2.4.1 Statistical approaches for optimization
To evaluate the applicability of the systemic approach for the metabolic engineering of microorganisms, the regulatory defined medium was designed for S. cerevisiae to remove intracellular constraints through recognized candidates (Ehsan Motamedian et al., 2019). Activator and inhibitor compounds of enzymes were obtained from the BRENDA database for up and down regulations, respectively and the regulatory effect of these compounds has been confirmed empirically. Each regulator was added separately to the medium, and its impact on the production of ethanol was evaluated experimentally. Moreover, DOE was used to screen and maximize the concentration of each fruitful compound that was applied. Plackett-Burman design is beneficial in screening from a long list of compounds, because of fewer required runs. This approach suggests that the main impacts will be much higher than the interactions between two factors. Hence, this methodology can be used to identify the most significant independent variables for the optimization stage. The experimental data analysis was conducted using Design Expert® software version 7.0 (STAT-EASE Inc., Minneapolis, USA). As shown in Table S3, each independent variable was evaluated at two levels, a high (+) and a low (−) level. The concentration ranges of the chosen compounds were determined by experimental studies based on the literature review. The ranges should be neither short nor wide in order to represent the effect of changing factor’s value appropriately. It is worth noting that for a proper comparison, the ethanol concentration assessments were conducted when the glucose concentration was depleted to zero.

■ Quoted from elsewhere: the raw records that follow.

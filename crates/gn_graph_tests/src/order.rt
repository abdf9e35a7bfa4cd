ghost use Rattle.std.specs.Prelude.{◌≡◌, IsTrue};
ghost use Rattle.gn_cycle.specs.Graph.{lists};
ghost use Rattle.gn_order.specs.Acyclic.{IsAcyclic};
ghost use Rattle.gn_graph_tests.specs.Falls as spec;

use gn_order::by_rank;
use std::alloc::{AllocError, Global};
use std::test::Fail;

/// A graph, a number for each node by which all its edges fall, and the order of its nodes.
struct Case {
    targets: &'static [&'static [usize]],
    numbers: &'static [usize],
    order: &'static [usize],
}

static CASES: [Case; 10] = [
    Case {
        targets: &[],
        numbers: &[],
        order: &[],
    },
    Case {
        targets: &[&[]],
        numbers: &[0],
        order: &[0],
    },
    // Without edges the order is that of the numbers.
    Case {
        targets: &[&[], &[], &[]],
        numbers: &[0, 0, 0],
        order: &[0, 1, 2],
    },
    // Chains, to the left and to the right.
    Case {
        targets: &[&[], &[0], &[1]],
        numbers: &[0, 1, 2],
        order: &[0, 1, 2],
    },
    Case {
        targets: &[&[1], &[2], &[]],
        numbers: &[2, 1, 0],
        order: &[2, 1, 0],
    },
    // Two ways of one length to a node.
    Case {
        targets: &[&[1, 2], &[3], &[3], &[]],
        numbers: &[2, 1, 1, 0],
        order: &[3, 1, 2, 0],
    },
    // Of two ways the longer counts, whichever comes first.
    Case {
        targets: &[&[1, 3], &[2], &[3], &[]],
        numbers: &[3, 2, 1, 0],
        order: &[3, 2, 1, 0],
    },
    Case {
        targets: &[&[3, 1], &[2], &[3], &[]],
        numbers: &[3, 2, 1, 0],
        order: &[3, 2, 1, 0],
    },
    // An edge twice.
    Case {
        targets: &[&[1, 1], &[]],
        numbers: &[1, 0],
        order: &[1, 0],
    },
    // Nodes of one rank in parts that do not meet, and a node that both lead to.
    Case {
        targets: &[&[2], &[4], &[5], &[5, 4], &[], &[]],
        numbers: &[2, 1, 1, 1, 0, 0],
        order: &[4, 5, 1, 2, 3, 0],
    },
];

/// The number of a node; 0 where it has none.
fn number_of(numbers: &[usize], node: usize) -> usize
    ensures { result ≡ spec.number_of numbers.now node }
{
    match numbers.get(node) {
        Some(number) => *number,
        None => 0,
    }
}

fn are_below(numbers: &[usize], count: usize, limit: usize, nodes: &[usize]) -> bool
    ensures { result ≡ spec.are_below numbers.now count limit nodes.now }
{
    nodes
        .iter()
        .all(|node| *node < count && number_of(numbers, *node) < limit)
}

/// Whether each edge leads to a node with a lower number.
fn falls(targets: &[Vec<usize>], numbers: &[usize]) -> bool
    ensures { IsTrue result → IsAcyclic (lists targets.now) }
{
    for node in 0..targets.len() {
        let limit = number_of(numbers, node);
        if !are_below(numbers, targets.len(), limit, &targets[node]) {
            return false;
        }
    }
    true
}

fn graph_of(alloc: Global, edges: &[&[usize]]) -> Result<Vec<Vec<usize>>, AllocError> {
    let mut targets = Vec::new(alloc);
    for list in edges {
        targets.push(Vec::from_slice(alloc, list)?)?;
    }
    Ok(targets)
}

#[test]
fn nodes_stand_by_rank_and_number(rt: HostRuntime) -> Result<(), Fail> {
    let alloc = rt.alloc();
    for case in &CASES {
        let targets = graph_of(alloc, case.targets)?;
        if !falls(&targets, case.numbers) {
            return Err(Fail::new("edges that fall"));
        }
        let order = by_rank(alloc, &targets);
        assert!(rt; order.is_ok_and(|nodes| nodes.as_slice() == case.order));
    }
    Ok(())
}

/// As many nodes as a tree may have.
const MOST: usize = 16384;

/// Each node leads to the next one.
fn chain(alloc: Global) -> Result<Vec<Vec<usize>>, AllocError> {
    let mut targets = Vec::with_capacity(alloc, MOST)?;
    for node in 1..MOST {
        targets.push(Vec::from_slice(alloc, &[node])?)?;
    }
    targets.push(Vec::new(alloc))?;
    Ok(targets)
}

/// The first node leads to all others.
fn join(alloc: Global) -> Result<Vec<Vec<usize>>, AllocError> {
    let mut others = Vec::with_capacity(alloc, MOST)?;
    for node in 1..MOST {
        others.push(node)?;
    }
    let mut targets = Vec::with_capacity(alloc, MOST)?;
    targets.push(others)?;
    for _ in 1..MOST {
        targets.push(Vec::new(alloc))?;
    }
    Ok(targets)
}

/// The numbers from the greatest down to 1.
fn downwards(alloc: Global) -> Result<Vec<usize>, AllocError> {
    let mut numbers = Vec::with_capacity(alloc, MOST)?;
    for node in 0..MOST {
        numbers.push(MOST - node)?;
    }
    Ok(numbers)
}

#[test]
fn a_long_chain_is_put_in_order(rt: HostRuntime) -> Result<(), Fail> {
    let alloc = rt.alloc();
    let targets = chain(alloc)?;
    let numbers = downwards(alloc)?;
    if !falls(&targets, &numbers) {
        return Err(Fail::new("edges that fall"));
    }
    let Ok(order) = by_rank(alloc, &targets) else {
        return Err(Fail::new("an order"));
    };
    assert_eq!(rt; order.len(), MOST);
    assert!(rt;
        order
            .iter()
            .zip(&numbers)
            .all(|(node, number)| *node < MOST && *node + 1 == *number)
    );
    Ok(())
}

#[test]
fn a_wide_join_is_put_in_order(rt: HostRuntime) -> Result<(), Fail> {
    let alloc = rt.alloc();
    let targets = join(alloc)?;
    let numbers = downwards(alloc)?;
    if !falls(&targets, &numbers) {
        return Err(Fail::new("edges that fall"));
    }
    let Ok(order) = by_rank(alloc, &targets) else {
        return Err(Fail::new("an order"));
    };
    assert_eq!(rt; order.len(), MOST);
    assert!(rt; order.first().is_some_and(|node| *node == 1));
    assert!(rt; order.last().is_some_and(|node| *node == 0));
    Ok(())
}
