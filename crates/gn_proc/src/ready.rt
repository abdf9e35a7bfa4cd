// A tape with what it needs to be run in a context.
ghost use Rattle.std.specs.Prelude.{◌≡◌, ◌<◌, All, map, IfOk};
ghost use Rattle.gn_plain.specs.Contexts.{length_of};
ghost use Rattle.gn_field.specs.Steps.{named, built};
ghost use Rattle.gn_slots.specs.Registers.{AllGive};
ghost use Rattle.gn_proc.specs.Tapes.{IsTape};

use gn_field::{Context, FieldStep, Source};
use gn_memory::Memory;
use gn_schedule::Plan;
use gn_slots::{Whole, run_roots};
use gn_value::op::Register;
use gn_wholes::wholes_in;
use std::alloc::Global;
use std::marker::Model;

/// A tape with what it needs to be run in a context: the values of its steps that read elsewhere.
/// Contracts see the list of the fields, and the context.
#[derive(Drop)]
pub struct Ready<'a, S: Source, C: Context> {
    steps: &'a [FieldStep<S>],
    roots: &'a [u32],
    plan: &'a Plan,
    context: &'a C,
    wholes: Vec<Whole>,
}

impl<'a, S: Source, C: Context> Model for Ready<'a, S, C> {
    ghost use Rattle.std.specs.Prelude.{List, map};
    ghost use Rattle.std.specs.Coded.{coded_list, coded×};
    ghost use Rattle.gn_plain.specs.Fields.{Expr};
    ghost use Rattle.gn_field.specs.Codes.{expr_code};
    ghost use Rattle.gn_field.specs.Steps.{named, built};
    ghost use Rattle.gn_proc.specs.Prepared.{IsPrepared};

    ghost Value = { List (Expr S) × C };

    ghost coded = { coded× (coded_list (expr_code S.code)) C.code };

    ghost view = { λ r. (map (named (built r.steps.now)) r.roots.now, r.context.now) };

    ghost invariant = { λ r. IsPrepared S.sources S.taken (C.meaning r.context.now) r.steps.now r.roots.now r.plan.now r.wholes.items };
}

/// Makes a tape ready to be run in a context.
pub(crate) fn prepare<'a, S: Source, C: Context + Drop>(
    alloc: Global,
    steps: &'a [FieldStep<S>],
    roots: &'a [u32],
    plan: &'a Plan,
    context: &'a C,
) -> Result<Ready<'a, S, C>, Memory>
    requires { IsTape S.sources S.taken steps.now roots.now plan.now }
    ensures { IfOk result (λ ready. ready ≡ (map (named (built steps.now)) roots.now, context.now)) }
{
    let wholes = wholes_in(alloc, steps, roots, context)?;
    Ok(Ready {
        steps,
        roots,
        plan,
        context,
        wholes,
    })
}

impl<'a, S: Source, C: Context> Ready<'a, S, C> {
    /// The values of the fields at some elements: a register for each field, with a value for each
    /// element, in order.
    pub fn run(&self, alloc: Global, elements: &[u32]) -> Result<Vec<Register>, Memory>
        requires { All (λ n. n < length_of (C.meaning self.now.1)) elements.now }
        ensures { IfOk result (λ registers. AllGive S.sources (C.meaning self.now.1) elements.now self.now.0 registers.items) }
    {
        run_roots(
            alloc,
            self.steps,
            self.plan,
            self.context,
            &self.wholes,
            elements,
        )
    }

    /// How many elements the context has.
    pub fn len(&self) -> u32
        ensures { result ≡ length_of (C.meaning self.now.1) }
    {
        self.context.len()
    }
}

In the present study, the significant factors identified in the Plackett-Burman experiment were employed in a full 2-level factorial design. The approach is ideally suited for considering the effects of interaction among the variables that affected the response based on the contribution percentage of the evaluated variables, and it generally works well for optimizing the process. The optimal conditions were predicted and assessed for maximum ethanol production obtained from 8 experiments using Design Expert® software version 7.0. The actual and coded values of factors are shown in Table S4. Variables that significantly affected the production of ethanol were determined using a confidence level above 95% or a p-value below 0.05. The data are statistically evaluated by analysis of variance (ANOVA).